Modeling lung development and pulmonary diseases using human organoids

In the anterior foregut endoderm, Nkx2.1+ progenitor cells give rise to both thyroid follicular cells, which produce thyroid hormones, and lung/airway epithelial cells, including mucus-secreting, ciliated, basal, Clara, and alveolar cells (types 1 and 2). This developmental link explains the Brain-Lung-Thyroid syndrome, observed in patients with NKX2-1 mutations, which affects multiple organ systems.

Despite this known connection, the molecular networks governing the fate decisions of Nkx2.1+ progenitor cells—determining whether they develop into thyroid or lung epithelium—remain largely unexplored.
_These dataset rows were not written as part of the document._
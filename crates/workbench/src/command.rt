//! What carries out each command.
ghost use Rattle.std.specs.Prelude.{◌≡◌, [], length};
ghost use Rattle.command_words.specs.Requests.{asked};
ghost use Rattle.command_words.specs.Shapes.{inputs_of};
ghost use Rattle.workbench.specs.Endings.{shelved};
ghost use Rattle.workbench.specs.Performing.{Performs};

mod check;
mod deficiency_command;
mod edits;
mod extend;
mod mus;
mod reduce;
mod reduce_general;
mod report;
mod solve;
mod verify;

use command_endings::demo;
use command_stops::Stop;
use command_words::{Command, Request};
use lk_outside::{Gate, Shelf};
use status_lines::Ending;
use std::alloc::Global;
use std::thread::Threads;

/// Does what is asked for.
pub(crate) fn perform<R: Threads + Sync, H: Shelf, G: Gate>(
    rt: &R,
    alloc: Global,
    gate: &G,
    shelf: &mut H,
    request: &Request<'_>,
) -> Result<Ending, Stop>
    requires names { length request.now.names.now ≡ length (inputs_of request.now.command) }
    ensures performs { Performs (asked request.now)
        (shelved (H.told shelf.old) (H.faults shelf.old) (H.faults shelf.new) (H.ailing shelf.new)
        (H.current shelf.new))
        result }
    ensures untouched { inputs_of request.now.command ≡ [] → shelf.new ≡ shelf.old }
{
    let names = request.names;
    let options = &request.options;
    match request.command {
        Command::ReducePure => reduce::perform_pure(alloc, shelf, names, options),
        Command::ReduceMatching => {
            reduce::perform_matching(rt, alloc, gate, shelf, names, options)
        }
        Command::ReduceLinear => reduce::perform_linear(alloc, shelf, names, options),
        Command::ReduceGeneral => {
            reduce_general::perform(rt, alloc, gate, shelf, names, options)
        }
        Command::Check => check::perform(rt, alloc, gate, shelf, names, options),
        Command::Extend => extend::perform(alloc, shelf, names, options),
        Command::Report => report::perform(alloc, shelf, names, options),
        Command::Demo => Ok(demo::answer(rt, alloc, gate, options.number)?),
        Command::Solve => solve::perform(rt, alloc, gate, shelf, names, options),
        Command::Verify => verify::perform(alloc, shelf, names, options),
        Command::Deficiency => deficiency_command::perform(alloc, shelf, names, options),
        Command::Edits => edits::perform(alloc, shelf, names, options),
        Command::Mus => mus::perform(alloc, shelf, names, options),
    }
}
Our lab has developed a protocol to generate hormone-producing human thyroid organoids from hESCs in vitro. Interestingly, we found that introducing just a single hormone into the culture conditions completely suppresses thyroid differentiation, instead promoting the formation of lung organoids containing both airway and alveolar compartments.

Current Research Goals

Using advanced technologies such as scRNA-seq, ATAC-seq, and CRISPR gene editing, our research aims to:

1. Map the dynamic gene expression patterns underlying human thyroid and lung development in our organoid models.

2. Unravel the molecular networks controlling the lineage decisions of Nkx2.1+ progenitor cells toward thyroid or lung fates.

3. Identify pathways that expand lung progenitor cell populations, with the goal of enhancing lung regeneration and repair studies.

Modeling Human Lung Diseases

Beyond developmental biology, we are leveraging our highly differentiated lung organoids as a powerful tool to model human pulmonary diseases, including:

• Congenital lung disorders

• Idiopathic Pulmonary Fibrosis (IPF)

• Pollution-induced respiratory conditions

• Viral infections

By integrating organoid technology with functional genomics, our research aims to uncover fundamental mechanisms of lung and thyroid development, while also paving the way for innovative approaches to disease modeling and regenerative medicine.